=== ASSIGNED TASK ===
All entries must be transcribed exactly, down to the last character.

(Stored data entries)
──────────

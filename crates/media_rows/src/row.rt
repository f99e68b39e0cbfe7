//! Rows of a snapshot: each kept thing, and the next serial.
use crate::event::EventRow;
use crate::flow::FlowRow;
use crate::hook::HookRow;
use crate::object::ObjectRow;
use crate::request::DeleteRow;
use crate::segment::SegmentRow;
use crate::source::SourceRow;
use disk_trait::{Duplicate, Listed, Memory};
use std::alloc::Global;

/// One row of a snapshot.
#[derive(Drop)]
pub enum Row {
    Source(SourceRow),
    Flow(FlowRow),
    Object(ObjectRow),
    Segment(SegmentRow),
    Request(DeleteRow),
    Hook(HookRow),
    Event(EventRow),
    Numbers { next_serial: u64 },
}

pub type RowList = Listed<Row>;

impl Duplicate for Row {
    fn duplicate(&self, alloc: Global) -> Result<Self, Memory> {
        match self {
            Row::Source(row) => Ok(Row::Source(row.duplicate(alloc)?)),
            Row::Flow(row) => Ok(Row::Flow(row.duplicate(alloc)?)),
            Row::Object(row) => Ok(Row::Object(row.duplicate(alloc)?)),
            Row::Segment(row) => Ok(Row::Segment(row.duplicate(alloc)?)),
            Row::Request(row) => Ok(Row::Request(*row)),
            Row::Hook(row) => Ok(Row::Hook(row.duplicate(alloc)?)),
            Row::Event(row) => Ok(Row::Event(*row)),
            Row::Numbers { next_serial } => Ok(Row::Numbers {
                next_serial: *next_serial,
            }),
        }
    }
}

──────────

=== WRITTEN RESPONSE ===
filename crates/media_rows/src/row.rt
repository f99e68b39e0cbfe7
//! Rows of a snapshot: each kept thing, and the next serial.
use crate::event::EventRow;
use crate::flow::FlowRow;
use crate::hook::HookRow;
use crate::object::ObjectRow;
use crate::request::DeleteRow;
use crate::segment::SegmentRow;
use crate::source::SourceRow;
use disk_trait::{Duplicate, Listed, Memory};
use std::alloc::Global;

/// One row of a snapshot.
#[derive(Drop)]
pub enum Row {
    Source(SourceRow),
    Flow(FlowRow),
    Object(ObjectRow),
    Segment(SegmentRow),
    Request(DeleteRow),
    Hook(HookRow),
    Event(EventRow),
    Numbers { next_serial: u64 },
}

pub type RowList = Listed<Row>;

impl Duplicate for Row {
    fn duplicate(&self, alloc: Global) -> Result<Self, Memory> {
        match self {
            Row::Source(row) => Ok(Row::Source(row.duplicate(alloc)?)),
            Row::Flow(row) => Ok(Row::Flow(row.duplicate(alloc)?)),
            Row::Object(row) => Ok(Row::Object(row.duplicate(alloc)?)),
            Row::Segment(row) => Ok(Row::Segment(row.duplicate(alloc)?)),
            Row::Request(row) => Ok(Row::Request(*row)),
            Row::Hook(row) => Ok(Row::Hook(row.duplicate(alloc)?)),
            Row::Event(row) => Ok(Row::Event(*row)),
            Row::Numbers { next_serial } => Ok(Row::Numbers {
                next_serial: *next_serial,
            }),
        }
    }
}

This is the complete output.